No one knows; and, un

less as a matter of antiquarian curiosity, no one cares.

It may be, however, that the emphasis in the phrase, 'built desolate places for themselves,' which we have construed to mean in their own lifetime and by their personal care, may rather lie in the complete isolation and seclusion from the rest of the world which the great ones of the earth affected. That this is involved in the idea we have no doubt, when we recollect the great solicitude evinced by high families, even in Scripture, and so early as the time of Abraham, to have a sepulchre apart, which none but themselves and theirs might use. In connection with this subject, and with the apparent date of the Book of Job, it is interesting to recollect that the very tomb-the sepulchral cavern which Abraham bought of Ephron the Hittite for a family sepulchre-the very tomb to which Jacob enjoined his sons to carry his remains, and of which he said, 'There they buried Abraham, and Sarah his wife; there they buried Isaac, and Rebekah his wife; and there I buried Leah'—is to this day known and honoured as theirs.

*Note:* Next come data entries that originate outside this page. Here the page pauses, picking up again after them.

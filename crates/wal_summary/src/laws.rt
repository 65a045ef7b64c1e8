//! Laws of summaries: each is the contract of a function that does nothing.

ghost use Rattle.wal_summary.specs.Laws.{SummariesAreOne, SameTablesAreSummedUp, MergesSumUpBoth, NeighboursAreMerged, CoveringsSumUp, LogsAreSummedUp, AddedEntriesKeepHonesty};

/// A range of entries has one summary: no two lists of forks are it. Forks in order that say the
/// same as a table, fork by fork and block by block, are its summary.
pub fn summaries_are_one()
    ensures one { SummariesAreOne }
    ensures same { SameTablesAreSummedUp }
{}

/// The merge of the summaries of two adjoining ranges is the summary of both.
pub fn merges_sum_up_both()
    ensures { MergesSumUpBoth }
{}

/// The merge of the summaries of neighbouring ranges is the summary of the whole range. So is what
/// covers a range, from its own start to its own end.
pub fn neighbours_are_merged()
    ensures merged { NeighboursAreMerged }
    ensures covering { CoveringsSumUp }
{}

/// The log of a history, as it is read back, has the history's summaries.
pub fn logs_are_summed_up()
    ensures { LogsAreSummedUp }
{}

/// Honest summaries stay so when entries are added behind them.
pub fn honest_summaries_stay()
    ensures { AddedEntriesKeepHonesty }
{}
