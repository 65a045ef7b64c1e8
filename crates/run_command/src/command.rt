//! `run`: the script of the input, run on a store.

ghost use Rattle.std.specs.Prelude.{◌≡◌, ◌+◌, ◌≤◌, length, IfOk, IfErr};
ghost use Rattle.vault.specs.Site.{AllHome};
ghost use Rattle.scripts.specs.Apart.{AreApart};
ghost use Rattle.scripts.specs.Reasons.{script_limit};
ghost use Rattle.summary_store.specs.Expiry.{age_limit};
ghost use Rattle.command_base.specs.Outside.{of_site, of_all, Works};
ghost use Rattle.run_command.specs.Input.{TakesAtMost};
ghost use Rattle.run_command.specs.Run.{HasScript, NamePriors, run_asks, RunDoes, RunOfScript};
ghost use Rattle.run_command.specs.Run.{run_workers};
ghost use Rattle.run_command.specs.Inner.{RefusesScript};

use crate::input::read_input;
use crate::lending::{give_others, give_store, run_names, take_run};
use crate::running::run_areas;
use crate::seats::work_of;
use backup_sending::{Gate, OpenGate};
use run_answers::{RunFault, RunReport};
use scripts::{MOST_WORKERS, Script, ScriptFault, read_script};
use std::alloc::Global;
use std::sync::Wait;
use std::thread::Threads;
use vault::{Clock, Held, Site, Source};

/// Runs a script, read or made, on the store of a site with so many frames of each partition and
/// summaries that are kept for so many days, or all where these are 0, each worker in a thread of
/// its own, with a gate that is called behind each of its steps, with no lock held. The moment is
/// in seconds since 1970 (profile: before the year 10000). A script that was read meets what is
/// asked of its tasks. All memory that a refusal would need is taken before the areas are, and
/// these are given back in any case. It errs where there is no memory, an area isn't handed out or
/// no store can be begun.
pub fn run_script<R: Threads + Wait + Sync, S: Site, G: Gate>(
    rt: &R,
    alloc: Global,
    frames: u32,
    days: u32,
    script: Script,
    when: u64,
    site: &mut S,
    gate: &G,
) -> Result<RunReport, RunFault>
    requires apart { AreApart script }
    requires few { length script ≤ run_workers }
    requires when { when ≤ 253402207199 }
    requires priors { NamePriors script }
    requires home { AllHome (S.areas site.old) }
    ensures site { Works (run_asks script) (of_site S.Site site.old) (of_site S.Site site.new) }
    ensures answer { RunOfScript when (age_limit days when) script (of_site S.Site site.old)
        (of_site S.Site site.new)
        result }
{
    let (work, backups) = work_of(alloc, script)?;
    let names = run_names(alloc, backups)?;
    let (held, sums, names, areas) = take_run(alloc, site, names)?;
    let Held { name, area: sums } = sums;
    let (held, sums, areas, answer) = run_areas(
        rt, alloc, areas, sums, frames, held, work, gate, days, when,
    );
    give_store(site, names, areas);
    give_others(site, held, Held { name, area: sums });
    match answer {
        Ok(report) => Ok(report),
        Err(why) => Err(RunFault::Begin(why)),
    }
}

/// The script of the input.
fn script_of<I: Source>(alloc: Global, input: &mut I) -> Result<Script, RunFault>
    ensures script { IfOk result (HasScript (I.left input.old) (I.left input.new)) }
    ensures few { IfOk result (λ script. length script ≤ run_workers) }
    ensures apart { IfOk result AreApart }
    ensures refused { IfErr result (RefusesScript I.Source input.old input.new) }
    ensures taken { TakesAtMost (script_limit + 1) (I.left input.old) (I.left input.new) }
    ensures later { I.faults input.old ≤ I.faults input.new }
{
    let bytes = match read_input(alloc, input) {
        Ok(bytes) => bytes,
        Err(fault) => return Err(RunFault::Input(fault)),
    };
    match read_script(alloc, MOST_WORKERS, &bytes) {
        Ok(script) => Ok(script),
        Err(ScriptFault::Line(line, why)) => Err(RunFault::Script(line, why)),
        Err(ScriptFault::NoMemory) => Err(RunFault::NoMemory),
    }
}

/// `run`: reads the clock and the script of the input, and runs it on the store of a site with so
/// many frames of each partition and summaries that are kept for so many days, each worker in a
/// thread of its own.
pub fn run<R: Threads + Wait + Sync, S: Site, I: Source, C: Clock>(
    rt: &R,
    alloc: Global,
    frames: u32,
    days: u32,
    site: &mut S,
    input: &mut I,
    clock: &mut C,
) -> Result<RunReport, RunFault>
    requires { AllHome (S.areas site.old) }
    ensures does { RunDoes days (of_all S.Site I.Source C.Clock site.old input.old clock.old)
        (of_all S.Site I.Source C.Clock site.new input.new clock.new) result }
    ensures home { AllHome (S.areas site.new) }
{
    run_gated(rt, alloc, frames, days, site, input, clock, &OpenGate)
}

/// The same, with a gate that is called behind each step of a worker, with no lock held.
pub fn run_gated<R: Threads + Wait + Sync, S: Site, I: Source, C: Clock, G: Gate>(
    rt: &R,
    alloc: Global,
    frames: u32,
    days: u32,
    site: &mut S,
    input: &mut I,
    clock: &mut C,
    gate: &G,
) -> Result<RunReport, RunFault>
    requires { AllHome (S.areas site.old) }
    ensures does { RunDoes days (of_all S.Site I.Source C.Clock site.old input.old clock.old)
        (of_all S.Site I.Source C.Clock site.new input.new clock.new) result }
    ensures home { AllHome (S.areas site.new) }
{
    let when = clock.now();
    let script = script_of(alloc, input)?;
    run_script(rt, alloc, frames, days, script, when, site, gate)
}
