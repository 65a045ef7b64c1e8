//! What kept summaries cover.

ghost use Rattle.std.specs.Prelude.{◌≡◌, ◌<◌, ◌≤◌, true, false, fold, length, map, nat_le, nat_lt, IfOk};
ghost use Rattle.std.specs.List.Sorted.{IsPartitionPoint};
ghost use Rattle.history.specs.fuzzy_copies.Summary.{summed};
ghost use Rattle.wal_summary.specs.Summary.{IsSummary, table_of_summary};
ghost use Rattle.wal_summary.specs.Kept.{overlapping, AreInOrder, CoverAnswers};
ghost use Rattle.wal_summary.specs.Inside.{past};
ghost use Rattle.wal_summary.specs.declared.kept.CoverFault.TheVariants as cover_fault;

use crate::mark_map::MarkMap;
use crate::summary::{ForkSummaries, Summary};
use lsn_core::{Lsn, NoMemory};
use std::alloc::Global;

/// Why kept summaries don't cover a range.
#[derive(Clone, Copy, Debug, PartialEq, Eq)]
pub enum CoverFault {
    /// No kept summary has this place, the least such of the range.
    Gap(Lsn),
    /// Memory ran out.
    NoMemory,
}

impl From<NoMemory> for CoverFault {
    ghost from_gives = { λ _ e. e ≡ cover_fault.NoMemory };

    fn from(_: NoMemory) -> Self {
        CoverFault::NoMemory
    }
}

/// The merge of the kept summaries whose ranges overlap the range from `from` to below `to`, where
/// they cover it: from the start of the first one to the end of the last one, made when the last
/// one was (profile). `Gap` exactly where a place of the range isn't covered, with the least such.
pub fn covering(alloc: Global, kept: &[Summary], from: Lsn, to: Lsn) -> Result<Summary, CoverFault>
    requires range { from.0 < to.0 }
    requires order { AreInOrder 0 kept.now }
    ensures { CoverAnswers kept.now from.0 to.0 result }
{
    let place = reached(kept, from);
    if place.0 < to.0 {
        return Err(CoverFault::Gap(place));
    }
    let parts = overlapping(kept, from, to);
    let forks = merged(alloc, parts)?;
    let first = &parts[0];
    let last = &parts[parts.len() - 1];
    Ok(Summary {
        start: first.start,
        end: last.end,
        made: last.made,
        forks,
    })
}

/// The least place from this one on that no kept summary has.
fn reached(kept: &[Summary], from: Lsn) -> Lsn
    ensures { result.0 ≡ fold past from.0 kept.now }
{
    Lsn(kept.iter().fold(from.0, |place, sum| past(place, sum)))
}

/// Behind a summary that has the place, else the place.
fn past(place: u64, sum: &Summary) -> u64
    ensures { result ≡ past place sum.now }
{
    if sum.start.0 <= place && place < sum.end.0 {
        sum.end.0
    } else {
        place
    }
}

/// The kept summaries whose ranges overlap a range.
fn overlapping(kept: &[Summary], from: Lsn, to: Lsn) -> &[Summary]
    requires range { from.0 < to.0 }
    requires order { AreInOrder 0 kept.now }
    ensures { result.now ≡ overlapping from.0 to.0 kept.now }
{
    let ended = ended_by(kept, from);
    let begun = begun_below(kept, to);
    &kept[ended..begun]
}

/// How many of the kept summaries end at a place or before it.
fn ended_by(kept: &[Summary], place: Lsn) -> usize
    requires { AreInOrder 0 kept.now }
    ensures within { result ≤ length kept.now }
    ensures point { IsPartitionPoint (λ s. nat_le s.end.0 place.0 ≡ true)
        (λ s. nat_le s.end.0 place.0 ≡ false) kept.now result }
{
    kept.partition_point(|sum| sum.end.0 <= place.0)
}

/// How many of the kept summaries start below a place.
fn begun_below(kept: &[Summary], place: Lsn) -> usize
    requires { AreInOrder 0 kept.now }
    ensures within { result ≤ length kept.now }
    ensures point { IsPartitionPoint (λ s. nat_lt s.start.0 place.0 ≡ true)
        (λ s. nat_lt s.start.0 place.0 ≡ false) kept.now result }
{
    kept.partition_point(|sum| sum.start.0 < place.0)
}

/// The merge of several summaries, in turn.
fn merged(alloc: Global, sums: &[Summary]) -> Result<ForkSummaries, NoMemory>
    requires { AreInOrder 0 sums.now }
    ensures { IfOk result (λ forks. IsSummary (summed (map table_of_summary sums.now)) forks) }
{
    let mut marks = MarkMap::new(alloc);
    for sum in sums {
        marks.add_summary(sum)?;
    }
    marks.summaries(alloc)
}
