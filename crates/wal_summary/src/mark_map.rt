//! What entries and summaries say of all forks, gathered in order of time.

ghost use Rattle.std.specs.Prelude.{◌≡◌, [], ◌∷◌, ◌++◌, List, None, Some, map, OnOk, IfOk};
ghost use Rattle.std.specs.List.Sorted.{IsStrictlySortedBy};
ghost use Rattle.std.specs.Ordering.{nat_cmp};
ghost use Rattle.history.specs.Whole.{entry_of};
ghost use Rattle.history.specs.fuzzy_copies.Summary.{table_of, both_summed, summed, summary_of};
ghost use Rattle.wal_summary.specs.Summary.{AreSorted, IsSummary, table_of_forks, table_of_summary};
ghost use Rattle.wal_summary.specs.Marks.{table_in, table_of_marks};
ghost use Rattle.wal_summary.specs.Inside.{block_table, table_of_ref, limit_table, rel_table, forks_of};

use crate::fork_marks::ForkMarks;
use crate::summary::{BlockNumbers, ForkSummaries, ForkSummary, Summary};
use history::{cuts_main, init_fork, main_fork};
use lsn_core::{BlockId, ForkId, Lsn, NoMemory, Rel};
use std::alloc::Global;
use std::collections::BTreeMap;
use wal_record::{BlockRef, Kind, Record};

/// What entries and summaries say of all forks, gathered in order of time: limits, and blocks that
/// no later limit takes off. After `NoMemory` it has only a part of what was added last.
#[derive(Drop)]
pub struct MarkMap {
    forks: BTreeMap<ForkId, ForkMarks>,
    alloc: Global,
}

impl MarkMap {
    /// Nothing is said.
    pub fn new(alloc: Global) -> MarkMap
        ensures { table_of_marks result ≡ summed [] }
    {
        MarkMap {
            forks: BTreeMap::new(alloc),
            alloc,
        }
    }

    /// Adds what a later entry says: its limits, and the blocks that it touches.
    pub fn add_record(&mut self, rec: &Record) -> Result<(), NoMemory>
        ensures { OnOk result (table_of_marks self.new
            ≡ both_summed (table_of_marks self.old) (table_of (entry_of rec.now))) }
    {
        match &rec.kind {
            Kind::Create(fork) => self.cut(fork, 0),
            Kind::Truncate(rel, count, flags) => {
                if cuts_main(*flags) {
                    return self.cut(&main_fork(*rel), *count);
                }
                Ok(())
            }
            Kind::Images(blocks) => self.touch_all(blocks.as_slice()),
            Kind::Generic(blocks) => self.touch_all(blocks.as_slice()),
            Kind::Shutdown(_) => Ok(()),
            Kind::Online(_) => Ok(()),
            Kind::RedoMark(_) => Ok(()),
            Kind::NoOp => Ok(()),
            Kind::BackupEnd(_) => Ok(()),
            Kind::Commit(_, rels) => self.cut_rels(rels.as_slice()),
        }
    }

    /// Adds what later entries say, in turn: those that start at `start` or past it, and below
    /// `end`.
    pub fn add_records(&mut self, recs: &[Record], start: Lsn, end: Lsn) -> Result<(), NoMemory>
        ensures { OnOk result (table_of_marks self.new
            ≡ both_summed (table_of_marks self.old)
            (summary_of (map entry_of recs.now) start.0 end.0)) }
    {
        for rec in recs {
            self.add_between(rec, start, end)?;
        }
        Ok(())
    }

    /// Adds what the summary of later entries says.
    pub fn add_summary(&mut self, sum: &Summary) -> Result<(), NoMemory>
        requires { AreSorted sum.now.forks }
        ensures { OnOk result (table_of_marks self.new
            ≡ both_summed (table_of_marks self.old) (table_of_summary sum.now)) }
    {
        self.add_forks(sum.forks.as_slice())
    }

    /// The summary of all that was added.
    pub fn summaries(&self, alloc: Global) -> Result<ForkSummaries, NoMemory>
        ensures { IfOk result (λ forks. IsSummary (table_of_marks self.now) forks) }
    {
        summaries_in(alloc, &self.forks)
    }

    /// Adds what an entry says, where it starts at `start` or past it, and below `end`.
    fn add_between(&mut self, rec: &Record, start: Lsn, end: Lsn) -> Result<(), NoMemory>
        ensures { OnOk result (table_of_marks self.new
            ≡ both_summed (table_of_marks self.old)
            (summary_of (entry_of rec.now ∷ []) start.0 end.0)) }
    {
        if start.0 <= rec.start.0 && rec.start.0 < end.0 {
            self.add_record(rec)?;
        }
        Ok(())
    }

    /// Adds what the forks of a summary say.
    fn add_forks(&mut self, forks: &[ForkSummary]) -> Result<(), NoMemory>
        requires { AreSorted forks.now }
        ensures { OnOk result (table_of_marks self.new
            ≡ both_summed (table_of_marks self.old) (table_of_forks forks.now)) }
    {
        for fork in forks {
            self.add_fork(fork)?;
        }
        Ok(())
    }

    /// Adds what a summary says of one fork.
    fn add_fork(&mut self, sum: &ForkSummary) -> Result<(), NoMemory>
        ensures { OnOk result (table_of_marks self.new
            ≡ both_summed (table_of_marks self.old) (table_of_forks (sum.now ∷ []))) }
    {
        self.cut_maybe(&sum.fork, sum.limit)?;
        self.touch_blocks(&sum.fork, sum.blocks.as_slice())
    }

    /// Adds limits of 0 for all forks of relations, in turn.
    fn cut_rels(&mut self, rels: &[Rel]) -> Result<(), NoMemory>
        ensures { OnOk result (table_of_marks self.new
            ≡ both_summed (table_of_marks self.old) (summed (map rel_table rels.now))) }
    {
        for rel in rels {
            self.cut_rel(*rel)?;
        }
        Ok(())
    }

    /// Adds limits of 0 for all forks of a relation.
    fn cut_rel(&mut self, rel: Rel) -> Result<(), NoMemory>
        ensures { OnOk result (table_of_marks self.new
            ≡ both_summed (table_of_marks self.old) (rel_table rel)) }
    {
        self.cut(&main_fork(rel), 0)?;
        self.cut(&init_fork(rel), 0)
    }

    /// Adds a limit, where there is one.
    fn cut_maybe(&mut self, fork: &ForkId, limit: Option<u32>) -> Result<(), NoMemory>
        ensures { OnOk result (table_of_marks self.new
            ≡ both_summed (table_of_marks self.old) (limit_table fork.now limit)) }
    {
        match limit {
            Some(count) => self.cut(fork, count),
            None => Ok(()),
        }
    }

    /// Adds a limit.
    fn cut(&mut self, fork: &ForkId, count: u32) -> Result<(), NoMemory>
        ensures { OnOk result (table_of_marks self.new
            ≡ both_summed (table_of_marks self.old) (limit_table fork.now (Some count))) }
    {
        cut_in(&mut self.forks, fork, count, self.alloc)
    }

    /// Adds the blocks of an entry's references, in turn.
    fn touch_all(&mut self, blocks: &[BlockRef]) -> Result<(), NoMemory>
        ensures { OnOk result (table_of_marks self.new
            ≡ both_summed (table_of_marks self.old) (summed (map table_of_ref blocks.now))) }
    {
        for block in blocks {
            self.touch(&block.at)?;
        }
        Ok(())
    }

    /// Adds blocks of a fork, in turn.
    fn touch_blocks(&mut self, fork: &ForkId, blocks: &[u32]) -> Result<(), NoMemory>
        ensures { OnOk result (table_of_marks self.new
            ≡ both_summed (table_of_marks self.old)
            (summed (map (block_table fork.now) blocks.now))) }
    {
        for block in blocks {
            self.touch_block(fork, *block)?;
        }
        Ok(())
    }

    /// Adds a block of a fork.
    fn touch_block(&mut self, fork: &ForkId, block: u32) -> Result<(), NoMemory>
        ensures { OnOk result (table_of_marks self.new
            ≡ both_summed (table_of_marks self.old) (block_table fork.now block)) }
    {
        let at = BlockId { fork: *fork, block };
        self.touch(&at)
    }

    /// Adds a block.
    fn touch(&mut self, at: &BlockId) -> Result<(), NoMemory>
        ensures { OnOk result (table_of_marks self.new
            ≡ both_summed (table_of_marks self.old) (block_table at.now.fork at.now.block)) }
    {
        touch_in(&mut self.forks, at, self.alloc)
    }
}

/// Adds a block to the marks of forks.
fn touch_in(
    forks: &mut BTreeMap<ForkId, ForkMarks>,
    at: &BlockId,
    alloc: Global,
) -> Result<(), NoMemory>
    ensures { OnOk result (table_in forks.new
        ≡ both_summed (table_in forks.old) (block_table at.now.fork at.now.block)) }
{
    if let Some(marks) = forks.get_mut(&at.fork) {
        return marks.touch(at.block);
    }
    let mut marks = ForkMarks::new(alloc);
    marks.touch(at.block)?;
    forks.insert(at.fork, marks)?;
    Ok(())
}

/// Adds a limit to the marks of forks.
fn cut_in(
    forks: &mut BTreeMap<ForkId, ForkMarks>,
    fork: &ForkId,
    count: u32,
    alloc: Global,
) -> Result<(), NoMemory>
    ensures { OnOk result (table_in forks.new
        ≡ both_summed (table_in forks.old) (limit_table fork.now (Some count))) }
{
    if let Some(marks) = forks.get_mut(fork) {
        return marks.cut(count);
    }
    let mut marks = ForkMarks::new(alloc);
    marks.cut(count)?;
    forks.insert(*fork, marks)?;
    Ok(())
}

/// The summary of the marks of forks.
fn summaries_in(
    alloc: Global,
    forks: &BTreeMap<ForkId, ForkMarks>,
) -> Result<ForkSummaries, NoMemory>
    ensures { IfOk result (λ sums. IsSummary (table_in forks.now) sums) }
{
    let mut sums = Vec::new(alloc);
    for (fork, marks) in forks.iter() {
        push_fork(alloc, *fork, marks, &mut sums)?;
    }
    Ok(ForkSummaries::from_vec(sums))
}

/// Pushes what is marked of a fork, where there is a limit or a block.
fn push_fork(
    alloc: Global,
    fork: ForkId,
    marks: &ForkMarks,
    sums: &mut Vec<ForkSummary>,
) -> Result<(), NoMemory>
    ensures pushed { OnOk result
        (sums.new.items ≡ sums.old.items ++ forks_of ((fork, marks.now) ∷ [])) }
    ensures sorted { OnOk result (IsStrictlySortedBy nat_cmp marks.now.blocks.keys) }
{
    let blocks: Vec<u32> = marks.blocks.iter().copied().collect(alloc)?;
    if marks.limit.is_some() || !blocks.is_empty() {
        sums.push(ForkSummary {
            fork,
            limit: marks.limit,
            blocks: BlockNumbers::from_vec(blocks),
        })?;
    }
    Ok(())
}
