//! The command `run`: it reads the script of an input, runs it on the store of a site, and tells
//! what each line was answered. A script that was made is run in the same way, and no input is
//! read.
//!
//! What a run does, over the whole outside and to a history, stands in `specs/Run.antt`: what
//! running a script comes to, and what reading it adds. It asks for the areas of a store and of its
//! backups once its script is taken and all memory that a refusal would need is there, and gives
//! them back in any case.
//!
//! Left to others: the grammar of scripts (`scripts`), the run of a line (`crew`), an open store
//! (`store_lifecycle`, `shared_store`), texts and statuses of faults (`command_base`), and where
//! the input and the site come from (`pgbackup_cli`).
#![tactic(auto)]

mod command;
mod input;
mod lending;
mod running;
mod seats;

pub use command::{run, run_gated, run_script};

It was the master feeling of the Hebrew to desire to lie in the same tomb with his family, but apart from the rest of the world. To be 'gathered to his fathers' in the tomb, was with him almost a passion. Even in the open cemeteries (for all could not have rock sepulchres) this exclusive family gathering was, so far as possible, accomplished. This is still the case in the East, where separate families have often portions walled in like a garden, in which the bones of their ancestors have remained undisturbed for many generations; for in these enclosures the graves are all distinct and apart, each of them having a stone placed upright both at the head and feet, inscribed with the name and title of the deceased.

But in Egypt and some other countries, even this degree of isolation could not satisfy the pride of kings. They must be wholly alone and single. In Persia there are regal sepulchres singly apart from all others, cut out high up in the face of steep cliffs, inaccessible to ordinary enterprise, or unless by some such operation as swinging down from the top of the cliff.